On cross-examination, Dr. Stansfield testified that, although he considered his rating of Torres to be reliable and objective, all oral proficiency testing contains some element of subjectivity. He also testified that Torres’s oral proficiency in English, both as a speaker and as a listener, would have been aided by repetition, explanation, and body language and other nonverbal expression. See id. at 63. Likewise, the witness opined that counsel’s access to the prosecutor, to police reports, and to other sources of information would assist in the communication between Torres and his attorney. See id. at 64. Moreover, Dr. Stansfield testified that, at the February 15, 1995 evaluation, Torres was able to seek clarification in those instances in which his comprehension was imperfect. See id. at 65-66. Finally, Dr. Stansfield stated that “the more contacts and the more rapport that’s established, all of those things facilitate communication” between two persons, such as between Torres and Jolles. See id. at 66.
2. Lawrence Coates
The government’s first witness at the evidentiary hearing was Lawrence Coates, a retired Metropolitan Police Officer currently employed by the United States Marshal’s Office. At the time of Torres’s arrest, Officer Coates was with the Narcotics and Special Investigations Division, detailed to a drug interdiction team. Officer Coates interacted with Torres on two separate occasions, during the second of which Officer Coates arrested Torres.

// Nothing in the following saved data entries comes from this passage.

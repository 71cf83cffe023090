//! Where texts leave the grammar, worked out by hand.

ghost use Rattle.std.specs.Prelude.{◌<◌, ◌^◌, length};

use crate::equals::equal;
use script_shape::shape::shape_of;
use script_words::words::read_words;
use std::alloc::{AllocError, Global};
use std::process::Abort;
use std::test::Fail;

/// The place of the first word that is not taken, of a byte that begins no token, or of an end that
/// comes too early.
fn fault(alloc: Global, text: &[u8]) -> Result<Option<usize>, AllocError>
    requires { length text.now < 2 ^ 32 }
{
    let read = read_words(alloc, text)?;
    let words = read.list();
    let shape = shape_of(alloc, words)?;
    if let Some(token) = words.token(shape.roles.len()) {
        return Ok(Some(token.start as usize));
    }
    if let Some(at) = read.bad {
        return Ok(Some(at as usize));
    }
    Ok(if shape.whole { None } else { Some(text.len()) })
}

fn fault_is(
    rt: &impl Abort,
    alloc: Global,
    text: &[u8],
    wanted: Option<usize>,
) -> Result<(), Fail> {
    assert!(rt; text.len() < 1000);
    equal(rt, text, fault(alloc, text)?, wanted);
    Ok(())
}

#[test]
fn scripts_have_no_fault(rt: HostRuntime) -> Result<(), Fail> {
    const ROWS: &[&[u8]] = &[
        b"{ x in [0,1] \\/ not x <= 3 -> x in ? }",
        b"@q = fixed<0,dn>; a q= x * 1; { q(x) in ? } x -> y { x <> 0 }; $ x in (1,2);",
    ];
    for text in ROWS {
        fault_is(&rt, rt.alloc(), *text, None)?;
    }
    Ok(())
}

#[test]
fn each_text_has_its_first_fault(rt: HostRuntime) -> Result<(), Fail> {
    const ROWS: &[(&[u8], usize)] = &[
        (b"", 0),
        (b"{ x in [1,2", 11),
        (b"{ x in [0,1] \\/ \\/ x in ? }", 16),
        (b"{ sqrt(x) in ? }", 2),
        (b"{ x in [0,1] -> x in ? } !", 25),
        (b"{ x in [1.,2] }", 9),
        (b"{ x in [1e+,2] }", 8),
        (b"{ f(x) in ? }", 3),
        (b"@q = fixed<0,dn>; { q in ? }", 22),
        (b"{ x - / y in ? }", 6),
        (b"{ x -/ y }", 9),
        (b"{ (x| in ? }", 4),
        (b"{ |x in ? }", 5),
        (b"{ x in [1/2,1] }", 9),
        (b"{ x in ? } x -> y { x <> 1 };", 25),
        (b"{ x < 1 }", 4),
        (b"{ x in ? } $ x in 0.5;", 18),
        (b"{ x in ? -> y in ? } ; ", 21),
        (b"foo(x) = 3;", 3),
        (b"y q 3", 2),
        (b"a = 1; b a= 2;", 9),
        (b"@q = in ;", 5),
        (b"{ @", 3),
        (b"@q = fixed<00,up> ; { x in ? } x -> y { x <> 00 };", 45),
        (b"{ x in ? } $ x in ();", 19),
        (b"{ @FIX(x) in ? }", 8),
    ];
    for (text, at) in ROWS {
        fault_is(&rt, rt.alloc(), *text, Some(*at))?;
    }
    Ok(())
}
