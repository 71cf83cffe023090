//! Spans of texts, counted by hand.

ghost use Rattle.std.specs.Prelude.{◌<◌, ◌^◌, length};

use crate::equals::holds;
use goal_spans::{Span, goal_spans, spans_are_read};
use script_shape::shape::shape_of;
use script_words::words::read_words;
use std::alloc::{AllocError, Global};
use std::process::Abort;
use std::test::Fail;

// Whether the text is a script whose goals have these spans.
fn has_spans(alloc: Global, text: &[u8], spans: &[Span]) -> Result<bool, AllocError>
    requires { length text.now < 2 ^ 32 }
{
    let read = read_words(alloc, text)?;
    let shape = shape_of(alloc, read.list())?;
    let found = goal_spans(alloc, read.list(), shape.roles.as_slice())?;
    Ok(shape.whole && found.as_slice() == spans)
}

fn words(first: usize, end: usize) -> Span {
    Span { first, end }
}

fn spans_are(rt: &impl Abort, alloc: Global, text: &[u8], spans: &[Span]) -> Result<(), Fail> {
    assert!(rt; text.len() < 1000);
    holds(rt, text, has_spans(alloc, text, spans)?);
    Ok(())
}

#[test]
fn each_goal_has_its_span(rt: HostRuntime) -> Result<(), Fail> {
    spans_are_read();
    let rows: [(&[u8], &[Span]); 9] = [
        (b"{ x in ? }", &[words(1, 2)]),
        (
            b"{ x in [1,2] -> x*x in ? /\\ x - y -/ y in ? }",
            &[words(9, 12), words(15, 20)],
        ),
        (
            b"{ x in [1,2] /\\ y <= 3 -> x*y in ? /\\ x >= 0.1 }",
            &[words(13, 16), words(19, 20)],
        ),
        (b"{ x >= 1 -> y <= 2 -> |x - y| in [0,2] }", &[words(9, 14)]),
        (
            b"{ x in [-1,1] -> x + 0 -/ fma(x,x,1) in ? }",
            &[words(10, 22)],
        ),
        (
            b"@f = fixed<-4,ne>; z f= x + y; { f(z) - (x+y) in ? }",
            &[words(19, 29)],
        ),
        (
            b"{ x in ? /\\ y >= 1 } x -> y { y <> 0, x <= 2 }; x $ y; $ x in 4;",
            &[words(1, 2), words(5, 6)],
        ),
        (b"{ @FIX(x, 3) /\\ y in ? }", &[words(1, 1), words(9, 10)]),
        (b"# nothing\nx = 1; { x <= 1 -> x <= 2 }", &[words(9, 10)]),
    ];
    for (text, spans) in &rows {
        spans_are(&rt, rt.alloc(), *text, *spans)?;
    }
    Ok(())
}

// Where words are only the front of a script, a proposition that hasn't ended has no span.
#[test]
fn a_goal_without_its_end_has_no_span(rt: HostRuntime) -> Result<(), Fail> {
    let read = read_words(rt.alloc(), b"{ x in ? /\\ y in ?")?;
    let words = read.list();
    let shape = shape_of(rt.alloc(), words)?;
    let found = goal_spans(rt.alloc(), words, shape.roles.as_slice())?;
    assert!(rt; found.as_slice() == [Span { first: 1, end: 2 }].as_slice());
    Ok(())
}
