//! The lines of a list.
ghost use Rattle.std.specs.Prelude.{◌≡◌, ◌≤◌, ◌<◌, ◌==◌, ◌^◌, length};
ghost use Rattle.std.specs.List.{position_or_len, after_first};
ghost use Rattle.name_list.specs.Lists.{is_feed, lines_of, line_fault};

use crate::fault::{ListFault, ListKind};

// How many bytes stand before the first line feed, or in all.
fn line_len(text: &[u8]) -> usize
    ensures is { result ≡ position_or_len is_feed text.now }
    ensures short { result ≤ length text.now }
{
    for (i, byte) in text.iter().enumerate() {
        if *byte == b'\n' {
            return i;
        }
    }
    text.len()
}

// What stands behind the first line.
fn later_lines(text: &[u8]) -> &[u8]
    ensures { result.now ≡ after_first is_feed text.now }
{
    let len = line_len(text);
    if len < text.len() {
        &text[len + 1..]
    } else {
        &text[len..]
    }
}

/// The first line without bytes, or the 65th.
pub(crate) fn line_fault(text: &[u8]) -> Option<ListFault>
    requires { length text.now < 2 ^ 32 }
    ensures { result ≡ line_fault 0 0 (lines_of text.now) }
{
    let mut rest = text;
    let mut at: usize = 0;
    let mut count: u8 = 0;
    while rest.len() > 0 {
        let len = line_len(rest);
        if len == 0 {
            return Some(ListFault {
                kind: ListKind::EmptyName,
                at: at as u32,
            });
        }
        if count == 64 {
            return Some(ListFault {
                kind: ListKind::Limit,
                at: at as u32,
            });
        }
        count += 1;
        at += len + 1;
        rest = later_lines(rest);
    }
    None
}
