// What a test finds, beside what it wants: each assertion is proved here, once.
use std::fmt::Debug;
use std::process::Abort;

/// What was found of the text is what is wanted.
pub fn equal<T: Debug + PartialEq + Drop>(rt: &impl Abort, text: &[u8], found: T, wanted: T) {
    assert_eq!(rt; found, wanted, "{text:?}");
}

/// All that was found of the text is what is wanted.
pub fn all_equal<T: Debug + PartialEq>(rt: &impl Abort, text: &[u8], found: &[T], wanted: &[T]) {
    assert_eq!(rt; found, wanted, "{text:?}");
}

/// This holds of the text.
pub fn holds(rt: &impl Abort, text: &[u8], is_so: bool) {
    assert!(rt; is_so, "{text:?}");
}
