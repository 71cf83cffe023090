//! Which instances take a slot.

ghost use Rattle.std.specs.Prelude.{◌≡◌, ◌↔◌, ◌⊎◌, ◌<◌, ◌≤◌, ◌-◌, ℕ, List, [], IsTrue, length, map};
ghost use Rattle.std.specs.Prelude.{IfOk, OnOk, slice_get, Some};
ghost use Rattle.pair_closure.specs.Reached.{Has};
ghost use Rattle.rule_universe.specs.Places.{IsPlace, place_count};
ghost use Rattle.rule_universe.specs.Rows.{AreUpTo, RowsUpTo, IsAdded, IsPlaceOfOne, AreRows};

use crate::places::{place_count, place_of};
use expr_dag::Dag;
use facts::{Instance, Slot};
use pair_closure::PairIndex;
use std::alloc::{AllocError, Global};

// Whether a number is the last of a row.
fn is_last(row: &[u32], k: u32) -> bool
    ensures { IsTrue result ↔ (slice_get row.now (length row.now - 1) ≡ Some k) }
{
    match row.last() {
        Some(last) => *last == k,
        None => false,
    }
}

// Puts a number behind those of a row, where it isn't the last.
fn add(row: &mut Vec<u32>, k: u32) -> Result<(), AllocError>
    requires { AreUpTo k row.old.items }
    ensures rows { OnOk result (AreUpTo k row.new.items) }
    ensures added { OnOk result ((j : ℕ) → Has row.new.items j ↔ (Has row.old.items j ⊎ (j ≡ k))) }
{
    if is_last(row, k) {
        return Ok(());
    }
    row.push(k)?;
    Ok(())
}

// Puts a number into a row.
fn put(rows: &mut Vec<Vec<u32>>, p: usize, k: u32) -> Result<(), AllocError>
    requires place { p < length rows.old.items }
    requires up_to { RowsUpTo k (map (λ row. row.items) rows.old.items) }
    ensures count { length rows.new.items ≡ length rows.old.items }
    ensures rows { OnOk result (RowsUpTo k (map (λ row. row.items) rows.new.items)) }
    ensures added { OnOk result (IsAdded (map (λ row. row.items) rows.old.items)
        (map (λ row. row.items) rows.new.items) k (λ q. q ≡ p)) }
{
    add(&mut rows[p], k)
}

// Puts a number into the row of a slot, if it has one.
fn add_slot(
    rows: &mut Vec<Vec<u32>>,
    nodes: &Dag,
    pairs: &PairIndex,
    s: Slot,
    k: u32,
) -> Result<(), AllocError>
    requires few { length pairs.now ≤ 1024 }
    requires places { length rows.old.items ≡ place_count (length nodes.now) pairs.now }
    requires up_to { RowsUpTo k (map (λ row. row.items) rows.old.items) }
    ensures count { length rows.new.items ≡ length rows.old.items }
    ensures rows { OnOk result (RowsUpTo k (map (λ row. row.items) rows.new.items)) }
    ensures added { OnOk result (IsAdded (map (λ row. row.items) rows.old.items)
        (map (λ row. row.items) rows.new.items) k (IsPlace (length nodes.now) pairs.now s)) }
{
    pairs.laws();
    match place_of(nodes, pairs, s) {
        Some(p) => put(rows, p, k),
        None => Ok(()),
    }
}

// Puts an instance's number into the rows of its premises.
fn add_instance(
    rows: &mut Vec<Vec<u32>>,
    nodes: &Dag,
    pairs: &PairIndex,
    premises: &[Slot],
    k: u32,
) -> Result<(), AllocError>
    requires few { length pairs.now ≤ 1024 }
    requires places { length rows.old.items ≡ place_count (length nodes.now) pairs.now }
    requires up_to { RowsUpTo k (map (λ row. row.items) rows.old.items) }
    ensures count { length rows.new.items ≡ length rows.old.items }
    ensures rows { OnOk result (RowsUpTo k (map (λ row. row.items) rows.new.items)) }
    ensures added { OnOk result
        (IsAdded (map (λ row. row.items) rows.old.items) (map (λ row. row.items) rows.new.items) k
        (IsPlaceOfOne (length nodes.now) pairs.now premises.now)) }
{
    for s in premises {
        add_slot(rows, nodes, pairs, *s, k)?;
    }
    Ok(())
}

// A row of nothing for each place.
fn blank_rows(alloc: Global, nodes: &Dag, pairs: &PairIndex) -> Result<Vec<Vec<u32>>, AllocError>
    requires few { length pairs.now ≤ 1024 }
    ensures count { IfOk result
        (λ rows. length rows.items ≡ place_count (length nodes.now) pairs.now) }
    ensures blank { IfOk result (λ rows. (p : ℕ) (row : List ℕ)
        → slice_get (map (λ row. row.items) rows.items) p ≡ Some row → row ≡ []) }
{
    let mut rows = Vec::new(alloc);
    for _ in 0..place_count(nodes, pairs) {
        rows.push(Vec::new(alloc))?;
    }
    Ok(rows)
}

/// A row for each place, with the numbers of the instances that have a premise there.
pub fn user_rows(
    alloc: Global,
    nodes: &Dag,
    pairs: &PairIndex,
    instances: &[Instance],
) -> Result<Vec<Vec<u32>>, AllocError>
    requires few { length pairs.now ≤ 1024 }
    ensures { IfOk result (λ rows. AreRows (length nodes.now) pairs.now instances.now
        (length instances.now) (map (λ row. row.items) rows.items)) }
{
    let mut rows = blank_rows(alloc, nodes, pairs)?;
    if instances.len() > u32::MAX as usize {
        return Err(AllocError);
    }
    for k in 0..instances.len() {
        add_instance(
            &mut rows,
            nodes,
            pairs,
            instances[k].premises.as_slice(),
            k as u32,
        )?;
    }
    Ok(rows)
}
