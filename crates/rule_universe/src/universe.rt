//! A universe, whose lists nothing changes.

ghost use Rattle.std.specs.Prelude.{◌≡◌, ◌<◌, ◌≤◌, [], Some, length, slice_get, IfOk};
ghost use Rattle.fx_model.specs.Expression.{IsOrdered};
ghost use Rattle.facts.specs.declared.fact.Slot.{Slot};
ghost use Rattle.facts.specs.declared.instance.Instance.{Instance};
ghost use Rattle.rule_universe.specs.Worlds.{World, IsWhole, HasSlot};
ghost use Rattle.rule_universe.specs.Places.{IsPlace};
ghost use Rattle.rule_universe.specs.Placed.{ArePlaced, AreTargets};
ghost use Rattle.rule_universe.specs.Users.{AreUsers};
ghost use Rattle.rule_universe.specs.Assumed.{assuming, HaveSlots};
ghost use Rattle.rule_universe.specs.Ordered.{AreNumbersOf};

use crate::flat_rows::{FlatRows, flat_rows};
use crate::order::in_order;
use crate::placed::{Placed, known_place, placed_premises, target_places};
use crate::places::place_of;
use crate::users::user_rows;
use expr_dag::Dag;
use facts::{Fact, HintRow, Instance, Slot};
use fx_model::ExprId;
use goals::Goal;
use pair_closure::PairIndex;
use std::alloc::{AllocError, Global};
use std::marker::Model;

/// The expressions, pairs, goals, hypotheses, rows of hints and instances that derivations may use.
#[derive(Drop)]
pub struct Universe {
    nodes: Dag,
    index: PairIndex,
    // The pairs once more, as a list.
    pairs: Vec<(ExprId, ExprId)>,
    goals: Vec<Goal>,
    hypotheses: Vec<Fact>,
    hints: Vec<HintRow>,
    instances: Vec<Instance>,
    // By instance, the place of its target.
    targets: Vec<u16>,
    // By instance, its premises with their places.
    premises: FlatRows<Placed>,
    // By place of a slot, the numbers of the instances that take it.
    users: FlatRows<u32>,
    // Numbers of instances, those of small expressions first; none until it is asked for.
    order: Vec<u32>,
}

impl Model for Universe {
    ghost use Rattle.std.specs.Prelude.{◌≡◌, ◌≤◌, length};
    ghost use Rattle.std.specs.Coded.{codes};
    ghost use Rattle.facts.specs.contracts.fact.Fact as fact_row;
    ghost use Rattle.facts.specs.contracts.hint.HintRow as hint_row;
    ghost use Rattle.goals.specs.contracts.goal.Goal as goal_row;
    ghost use Rattle.facts.specs.contracts.instance.Instance as instance_row;
    ghost use Rattle.rule_universe.specs.Worlds.{World, IsWhole};
    ghost use Rattle.rule_universe.specs.Placed.{ArePremises, AreTargets};
    ghost use Rattle.rule_universe.specs.Rows.{AreRows};
    ghost use Rattle.rule_universe.specs.Ordered.{AreNumbersOf};

    ghost Value = { World };

    ghost coded = { Prim.hlevel (
      codes,
      fact_row.the_row.coded,
      hint_row.the_row.coded,
      goal_row.the_row.coded,
      instance_row.the_row.coded,
    ) };

    ghost view = { λ u. record {
      nodes = u.nodes;
      pairs = u.index;
      goals = u.goals.items;
      hypotheses = u.hypotheses.items;
      hints = u.hints.items;
      instances = u.instances.items;
    } };

    ghost invariant = { λ u. IsWhole (record {
      nodes = u.nodes;
      pairs = u.index;
      goals = u.goals.items;
      hypotheses = u.hypotheses.items;
      hints = u.hints.items;
      instances = u.instances.items;
    }) × (u.pairs.items ≡ u.index)
        × AreRows (length u.nodes) u.index u.instances.items (length u.instances.items) u.users
        × (length u.goals.items ≤ 65535)
        × AreTargets (length u.nodes) u.index u.instances.items u.targets.items
        × ArePremises (length u.nodes) u.index u.instances.items u.premises
        × AreNumbersOf u.instances.items u.order.items };
}

impl Universe {
    /// The universe of these lists, in which nothing is assumed yet. A goal has a number of 16
    /// bits.
    pub fn new(
        alloc: Global,
        nodes: Dag,
        pairs: PairIndex,
        goals: Vec<Goal>,
        hints: Vec<HintRow>,
        instances: Vec<Instance>,
    ) -> Result<Universe, AllocError>
        requires whole { IsWhole (record {
          nodes = nodes;
          pairs = pairs;
          goals = goals.items;
          hypotheses = [];
          hints = hints.items;
          instances = instances.items;
        }) }
        requires few { length goals.items ≤ 65535 }
        ensures { IfOk result (λ u. u ≡ record {
          nodes = nodes;
          pairs = pairs;
          goals = goals.items;
          hypotheses = [];
          hints = hints.items;
          instances = instances.items;
        }) }
    {
        let rows = user_rows(alloc, &nodes, &pairs, &instances)?;
        let users = flat_rows(alloc, &rows)?;
        let targets = target_places(alloc, &nodes, &pairs, &instances)?;
        let premises = placed_premises(alloc, &nodes, &pairs, &instances)?;
        let list = pairs.to_vec(alloc)?;
        let hypotheses = Vec::new(alloc);
        let order = Vec::new(alloc);
        Ok(Universe {
            nodes,
            index: pairs,
            pairs: list,
            goals,
            hypotheses,
            hints,
            instances,
            targets,
            premises,
            users,
            order,
        })
    }

    /// Has these facts as hypotheses from now on, in place of those before. All else stays, the
    /// index too: it is of instances alone.
    pub fn assume(&mut self, facts: Vec<Fact>)
        requires { HaveSlots self.old facts.items }
        ensures { self.new ≡ assuming self.old facts.items }
    {
        self.hypotheses = facts;
    }

    /// Puts the numbers of the instances in order, for boxes below the root. All else stays, also
    /// where memory runs out.
    pub fn put_in_order(&mut self, alloc: Global) -> Result<(), AllocError>
        ensures { self.new ≡ self.old }
    {
        let order = in_order(alloc, &self.nodes, &self.instances)?;
        self.order = order;
        Ok(())
    }

    /// The nodes of the expressions.
    pub fn dag(&self) -> &Dag
        ensures { result.now ≡ self.now.nodes }
    {
        &self.nodes
    }

    /// The pairs that relative errors are of.
    pub fn pairs(&self) -> &[(ExprId, ExprId)]
        ensures { result.now ≡ self.now.pairs }
    {
        &self.pairs
    }

    /// The goals.
    pub fn goals(&self) -> &[Goal]
        ensures { result.now ≡ self.now.goals }
    {
        &self.goals
    }

    /// The hypotheses as facts.
    pub fn hyps(&self) -> &[Fact]
        ensures { result.now ≡ self.now.hypotheses }
    {
        &self.hypotheses
    }

    /// The rows of the hints.
    pub fn hints(&self) -> &[HintRow]
        ensures { result.now ≡ self.now.hints }
    {
        &self.hints
    }

    /// The instances of rules.
    pub fn instances(&self) -> &[Instance]
        ensures { result.now ≡ self.now.instances }
    {
        &self.instances
    }

    /// The place of a slot of the universe: bounds, sizes, multiples, expressions that aren't 0,
    /// pairs, and VOID last.
    pub fn place(&self, s: Slot) -> u16
        requires { HasSlot self.now s }
        ensures { IsPlace (length self.now.nodes) self.now.pairs s result }
    {
        known_place(&self.nodes, &self.index, s)
    }

    /// By instance, the place of its target.
    pub fn targets(&self) -> &[u16]
        ensures { AreTargets (length self.now.nodes) self.now.pairs self.now.instances result.now }
    {
        &self.targets
    }

    /// The premises of the instance with this number, from 0, with their places.
    pub fn premises(&self, k: usize) -> &[Placed]
        requires { k < length self.now.instances }
        ensures { (i : Instance) → slice_get self.now.instances k ≡ Some i
            → ArePlaced (length self.now.nodes) self.now.pairs i.premises result.now }
    {
        self.premises.row(k)
    }

    /// Numbers of instances, from 0: those of small expressions first. There are none before
    /// `put_in_order`. That each instance is among them, and once, no clause says.
    pub fn order(&self) -> &[u32]
        ensures { AreNumbersOf self.now.instances result.now }
    {
        &self.order
    }

    /// The rising numbers, from 0, of the instances that have the slot with this place among their
    /// premises.
    pub fn users_at(&self, place: u16) -> &[u32]
        ensures { (s : Slot) → IsPlace (length self.now.nodes) self.now.pairs s place
            → AreUsers self.now.instances s result.now }
    {
        if (place as usize) < self.users.len() {
            self.users.row(place as usize)
        } else {
            &[]
        }
    }

    /// The rising numbers, from 0, of the instances that have the slot among their premises.
    pub fn users(&self, s: Slot) -> &[u32]
        ensures { AreUsers self.now.instances s result.now }
    {
        match place_of(&self.nodes, &self.index, s) {
            Some(p) => self.users.row(p),
            None => &[],
        }
    }

    /// What every universe keeps. Nothing is done.
    pub fn laws(&self)
        ensures universe { IsWhole self.now }
        ensures ordered { IsOrdered self.now.nodes }
        ensures short { length self.now.nodes ≤ 1024 }
        ensures goals { length self.now.goals ≤ 65535 }
    {
        self.nodes.laws();
    }
}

Officer Coates testified that, on March 16, 1990, he had occasion to interview defendant at Union Station in Washington, D.C. Torres was with two individuals who were arrested, and Officer Coates spoke with Torres for approximately ten minutes. See id. at 77. The two men spoke in English only (Coates does not speak Spanish), and Officer Coates testified that Torres gave no indication that he did not understand the conversation. See id. According to Officer Coates, Torres “was *33very cool and he — he was a very cool individual and spoke very softly and completely. In my impression, in my opinion, he understood.” Id.
Officer Coates’ second interaction with Torres was on October 25, 1990 near the bus station in Washington, D.C. On that occasion, Officer Coates again approached Torres and spoke to him in English. See id. at 80. Although Torres gave a different name than the last time he had encountered Coates,1 the officer recognized him. See id. After receiving a prearranged signal from an officer interviewing a woman later identified as Torres’s accomplice, Officer Coates arrested Torres. See id.
After the arrest, Officer Coates accompanied Torres to the police station, where Coates prepared a Form 163 containing Torres’s basic personal information. See id. Officer Coates obtained the information for the 163 by interviewing Torres in English, and he testified that Torres gave no indication that he did not understand the conversation. See id. at 81.
3. Janice Bergin
The government’s second witness was Janice Bergin, an employee with the District of Columbia pretrial services agency since 1972. Ms. Bergin testified that it was her practice, when a detainee did not have English as a first language or sufficient English-language ability for her to conduct the required investigative interview, to request that another employee conduct the interview in the detainee’s native language or to conduct the interview with the aid of an interpreter. See id. at 86. Refreshing her recollection with documents prepared in connection with Torres’s pretrial investigation, Ms. Bergin testified that she conducted the interview of Torres herself; the records gave no indication that an interpreter had been present.
Computer printouts from the pretrial services database also showed that Ms. Bergin had not noted Torres as presenting an “A5” appearance problem — the code for a non-English speaker. See id. at 96. Ms. Bergin testified that the lack of such a designation indicated that Torres spoke English. See id.
The database records also reflected that pretrial services had not opted to send Torres notification letters in Spanish, although such a service was available. See id. at 97. According to Ms. Bergin, this indicated that such Spanish-language notification was unnecessary because the recipient spoke English. See id.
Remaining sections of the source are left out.